■ **Your task**: Read the data below line by line and state how many lines hold "bool". Nothing else belongs in the answer.

■ **Exercise inputs**:
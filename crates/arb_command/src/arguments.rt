//! The command line.

use arb_config::MAX_MANAGED;
use arb_draw::{Choice, Scale};
use clap::{Arg, ArgAction, ArgMatches, Command, Error};
use std::alloc::{AllocError, Global};
use std::convert::AsStr;

/// What the command line asks for.
#[derive(Clone, Copy)]
pub enum Task<'a> {
    /// The due numbers on a machine with so many managed cores, 1 to 128.
    Due { cores: u8 },
    /// Work on the machine of a configuration file.
    OnMachine { file: &'a str, work: Work },
}

/// What is done with a machine.
#[derive(Clone, Copy)]
pub enum Work {
    /// It is described in a line.
    Check,
    /// It runs the script on standard input.
    Run,
    /// It runs the script by threads: with all orders in script order, or each client's alone.
    Play { ordered: bool },
    /// It answers each line of standard input as it comes, with the machine's limit on orders or without.
    Live { endless: bool },
    /// A run of the script on standard input is drawn.
    Draw { choice: Choice },
}

const DUE_HELP: &str = "\
Reads request rows from standard input and prints the cores due to applications 0 to 15.

A row is an application (0 to 15) and one to eight entries: how many cores (0 to 128) it wants at levels
0, 1 and so on; missing entries are 0. Level 0 is served first, and a level that can't be served in full is
divided evenly, smaller application numbers first. No application has two rows, and one without a row wants
nothing. Lines without a word, or whose first word begins with #, are skipped. The input has at most 4096 bytes.
The output is one line of sixteen numbers.

Example:
  $ printf '0 1 5\\n1 0 5\\n2 0 0 3\\n' | arbiter due --cores 4
  3 1 0 0 0 0 0 0 0 0 0 0 0 0 0 0";

const CHECK_HELP: &str = "\
Reads a machine's configuration from a file and prints what it describes, or why it is refused.

The file is TOML of at most 65536 bytes. It has a table `[[socket]]` for each of 1 to 8 sockets, with two lists
of core numbers (0 to 1023), which may be empty: `managed`, the cores that the arbiter hands out, 1 to 128 over all
sockets, and `unmanaged`, the cores that the ordinary scheduler keeps, at least one over all sockets. No core is
listed twice. At the top it may set `grace`, how many microseconds a thread may keep a core that is asked back
(1 to 1000000000, 10000 if left out), and `orders`, how many orders a run may enter (1 to 1000000, 1000000 if left
out). There are no other keys.

Example:
  $ cat two-sockets.toml
  grace = 10000

  [[socket]]
  managed = [1, 2, 3]
  unmanaged = [0]

  [[socket]]
  managed = [5, 6, 7]
  unmanaged = [4]

  $ arbiter check two-sockets.toml
  ok: 2 sockets, 6 managed, 2 unmanaged, grace 10000, orders 1000000";

const RUN_HELP: &str = "\
Reads a script of orders from standard input, gives them one after another to the arbiter of the machine that FILE
describes, and prints a line for each with its reply, and then who has each core.

A line of a script is a client, an order, and what the order takes. A client is an application (0 to 15) and a thread
of it (0 to 31) with a dot between them, or `clock`. The orders:

  0.0 join          application 0 joins
  0.0 ask 2 0 1     it wants so many cores (0 to 128) at levels 0, 1 and so on, one to eight of them; the rest are 0
  0.0 cap 4         of what it wants, level 0 first, at most so many cores count (0 to 128)
  0.0 block         the thread gives up its core, if it has one, and waits for one
  0.0 retire        the thread gives up its core or its wait, and is unmanaged
  0.0 leave         the application leaves, with all its threads
  0.0 status        how many cores are due, owned and asked back, and how many threads wait
  clock tick 10000  the moment is so many microseconds (0 to 2^64 - 1); who kept a core too long is moved off it

Any order may be written with any client; the arbiter refuses what it doesn't allow. A line has at most 200 bytes.
Lines without a word, or whose first word begins with #, are skipped. The script has at most 16777216 bytes. Once as
many orders were given as the configuration's `orders` allows, each further one is printed as full. `arbiter check
--help` says what FILE holds.

Example:
  $ printf '0.0 join\\n0.0 ask 2\\n0.0 block\\n' | arbiter run --config two-sockets.toml
  0.0 join -> joined
  0.0 ask 2 0 0 0 0 0 0 0 -> due 2
  0.0 block -> now core 1
  core 1 socket 0 owner 0.0
  core 2 socket 0 free
  core 3 socket 0 free
  core 5 socket 1 free
  core 6 socket 1 free
  core 7 socket 1 free";

const PLAY_HELP: &str = "\
Reads a script of orders from standard input and runs it by threads: one serves the arbiter of the machine that FILE
describes, and each client that the script names has one of its own, which gives that client's orders in script order.
Prints a line for each order with its reply, in the order in which they reached the arbiter, and then who has each core.

Without `--ordered` that order may differ from one run to the next. With it, all orders go in script order, and what is
printed is what `arbiter run` prints. Once as many orders were entered as the configuration's `orders` allows, all others
are printed as full, behind them and in script order. The script has at most 16777216 bytes. `arbiter run --help` says
what its lines are, and `arbiter check --help` what FILE holds.

Example:
  $ printf '0.0 join\\n0.0 ask 2\\n1.0 join\\n0.0 block\\n' | arbiter play --config two-sockets.toml --ordered
  0.0 join -> joined
  0.0 ask 2 0 0 0 0 0 0 0 -> due 2
  1.0 join -> joined
  0.0 block -> now core 1
  core 1 socket 0 owner 0.0
  core 2 socket 0 free
  core 3 socket 0 free
  core 5 socket 1 free
  core 6 socket 1 free
  core 7 socket 1 free";

const LIVE_HELP: &str = "\
Reads lines from standard input as they come and answers each at once, so that a program can keep the arbiter of the
machine that FILE describes on a pipe, and a person can try a machine by hand.

A line is a line of a script, as `arbiter run --help` says, or the word `cores`. An order is answered by its line of what
`arbiter run` prints, and `cores` by the line of each core and a line `end`. A line without a word, or whose first word
begins with #, gets no answer. Any other line is answered by `error: ` and what is wrong with it, and changes nothing.
Lines are numbered from 1, each of them. All answers are written before more input is read. At the end of the input,
however much there was, the status is 0. `arbiter check --help` says what FILE holds.

Once as many orders were given as the configuration's `orders` allows, each further one is answered as full. With
`--endless` orders have no limit: no answer is full, and `orders` plays no part.

Example:
  $ printf '0.0 join\\n0.0 ask 2\\n0.0 blok\\n0.0 block\\ncores\\n' | arbiter live --config two-sockets.toml
  0.0 join -> joined
  0.0 ask 2 0 0 0 0 0 0 0 -> due 2
  error: line 3: S2 unknown order
  0.0 block -> now core 1
  core 1 socket 0 owner 0.0
  core 2 socket 0 free
  core 3 socket 0 free
  core 5 socket 1 free
  core 6 socket 1 free
  core 7 socket 1 free
  end";

const DRAW_HELP: &str = "\
Reads a script of orders from standard input, gives them to the arbiter of the machine that FILE describes, and prints
a picture of who had which core: an SVG, which a browser shows.

Time runs to the right: in orders, or with `--by-time` in the clock's microseconds, where orders at one moment share
it. Each managed core has a row, with a bar in the application's colour for each span in which one thread had the core;
where the core is asked back the bar is hatched. Below, each application has a panel of how many cores it owned, was
due and wanted, and how many of its threads waited. A bar says its thread, its core and its orders where the mouse
rests on it.

The script has at most 16777216 bytes. A picture shows at most 2000 orders and 20000 bars: `--from` and `--to` choose
the orders, which are numbered from 1. The script is run from its first order on all the same. `arbiter run --help`
says what its lines are, and `arbiter check --help` what FILE holds.

Example:
  $ printf '0.0 join\\n0.0 ask 2\\n0.0 block\\n' | arbiter draw --config two-sockets.toml > run.svg
  $ grep -c 'class=\"bar\"' run.svg
  1";

const HELP: &str = "\
Divides the cores of a machine among applications that run their own user threads.

Reads from standard input or from a file and prints on standard output. The status is 0 where the work was done;
1 where an input was refused, or reading, writing or memory failed, with one line on standard error that says why;
and 2 where the command line was refused.

Example:
  $ echo '0 2' | arbiter due --cores 4
  2 0 0 0 0 0 0 0 0 0 0 0 0 0 0 0";

/// The name by which the configuration file is looked up.
const FILE: &str = "file";

/// The number of managed cores.
fn cores_arg<'a>(alloc: Global) -> Arg<'a> {
    Arg::new(alloc, "cores")
        .long("cores")
        .value_name("N")
        .required(true)
        .action(ArgAction::Set)
        .value_parser(clap::value_parser!(u8).range(1..=MAX_MANAGED as i64))
        .help("How many managed cores the machine has, 1 to 128")
}

/// `due --cores N`.
fn due_command<'a>(alloc: Global) -> Result<Command<'a>, AllocError> {
    Command::new(alloc, "due")
        .about("Print the cores due to sixteen applications")
        .long_about(DUE_HELP)
        .arg(cores_arg(alloc))
}

/// The configuration file of a machine, which a command must have.
fn file_arg<'a>(alloc: Global, help: &'a str) -> Arg<'a> {
    Arg::new(alloc, FILE)
        .value_name("FILE")
        .required(true)
        .action(ArgAction::Set)
        .help(help)
}

/// `check FILE`.
fn check_command<'a>(alloc: Global) -> Result<Command<'a>, AllocError> {
    Command::new(alloc, "check")
        .about("Check a machine's configuration file")
        .long_about(CHECK_HELP)
        .arg(file_arg(alloc, "The configuration file"))
}

/// A command on a machine: `NAME --config FILE`.
fn machine_command<'a>(
    alloc: Global,
    name: &'a str,
    about: &'a str,
    help: &'a str,
) -> Result<Command<'a>, AllocError> {
    let config = file_arg(alloc, "The machine's configuration file").long("config");
    Command::new(alloc, name)
        .about(about)
        .long_about(help)
        .arg(config)
}

/// An option without a value: `--NAME`.
fn flag_arg<'a>(alloc: Global, name: &'a str, help: &'a str) -> Arg<'a> {
    Arg::new(alloc, name)
        .long(name)
        .action(ArgAction::SetTrue)
        .help(help)
}

/// `play --config FILE [--ordered]`.
fn play_command<'a>(alloc: Global) -> Result<Command<'a>, AllocError> {
    let about = "Run a script of orders by threads, and print what came of each";
    let help = "Give the orders of all clients in script order";
    machine_command(alloc, "play", about, PLAY_HELP)?.arg(flag_arg(alloc, "ordered", help))
}

/// `live --config FILE [--endless]`.
fn live_command<'a>(alloc: Global) -> Result<Command<'a>, AllocError> {
    let about = "Answer each line of orders as it comes";
    let help = "Take orders without a limit, whatever the configuration's `orders` allows";
    machine_command(alloc, "live", about, LIVE_HELP)?.arg(flag_arg(alloc, "endless", help))
}

/// `draw --config FILE [--from N] [--to N] [--by-time]`.
fn draw_command<'a>(alloc: Global) -> Result<Command<'a>, AllocError> {
    let about = "Draw a picture of who had which core over a script";
    machine_command(alloc, "draw", about, DRAW_HELP)?
        .arg(order_arg(
            alloc,
            "from",
            "The first order that is drawn (the script's first if left out)",
        ))?
        .arg(order_arg(
            alloc,
            "to",
            "The last order that is drawn (the script's last if left out)",
        ))?
        .arg(flag_arg(
            alloc,
            "by-time",
            "Let the clock's microseconds run to the right, and not orders",
        ))
}

/// The number of an order, counted from 1.
fn order_arg<'a>(alloc: Global, name: &'a str, help: &'a str) -> Arg<'a> {
    Arg::new(alloc, name)
        .long(name)
        .value_name("N")
        .action(ArgAction::Set)
        .value_parser(clap::value_parser!(u32).range(1..))
        .help(help)
}

/// One command more, where there is memory for both.
fn add<'a>(
    command: Result<Command<'a>, AllocError>,
    more: Result<Command<'a>, AllocError>,
) -> Result<Command<'a>, AllocError> {
    command?.subcommand(more?)
}

/// The program, before its commands.
fn bare_command<'a>(alloc: Global) -> Command<'a> {
    Command::new(alloc, "arbiter")
        .version("0.1.0")
        .about("A proved core arbiter")
        .long_about(HELP)
        .subcommand_required(true)
}

/// All commands.
fn arbiter_command<'a>(alloc: Global) -> Result<Command<'a>, AllocError> {
    let run_about = "Run a script of orders, and print what came of each";
    let command = bare_command(alloc).subcommand(due_command(alloc)?);
    let command = add(command, check_command(alloc));
    let command = add(command, machine_command(alloc, "run", run_about, RUN_HELP));
    let command = add(command, play_command(alloc));
    let command = add(command, live_command(alloc));
    add(command, draw_command(alloc))
}

/// What the words of a command line ask for, the program's own name being the first word; `None` where
/// `clap` gave no command that is known here.
///
/// # Errors
/// `clap`'s own: a refused command line, a text to show (help or the version), or out of memory.
pub fn parse<'a, S: AsStr>(alloc: Global, words: &'a [S]) -> Result<Option<Task<'a>>, Error> {
    let matches = arbiter_command(alloc)?.try_get_matches_from(words)?;
    Ok(task_of(&matches))
}

fn task_of<'a>(matches: &ArgMatches<'a>) -> Option<Task<'a>> {
    let (name, found) = matches.subcommand()?;
    if name == "due" {
        let cores = found.get_one::<u8>("cores")?;
        return Some(Task::Due { cores });
    }
    let work = work_of(name, found)?;
    let file = found.get_str(FILE)?;
    Some(Task::OnMachine { file, work })
}

/// What the command of a name does with a machine, where it is known here.
fn work_of<'a>(name: &str, found: &ArgMatches<'a>) -> Option<Work> {
    match name {
        "check" => Some(Work::Check),
        "run" => Some(Work::Run),
        "play" => Some(Work::Play {
            ordered: found.get_flag("ordered"),
        }),
        "live" => Some(Work::Live {
            endless: found.get_flag("endless"),
        }),
        "draw" => Some(Work::Draw {
            choice: choice_of(found),
        }),
        _ => None,
    }
}

/// What is to be drawn of a script.
fn choice_of<'a>(found: &ArgMatches<'a>) -> Choice {
    Choice {
        from: found.get_one::<u32>("from"),
        to: found.get_one::<u32>("to"),
        scale: if found.get_flag("by-time") {
            Scale::Time
        } else {
            Scale::Orders
        },
    }
}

■ **Solved exercise**: 2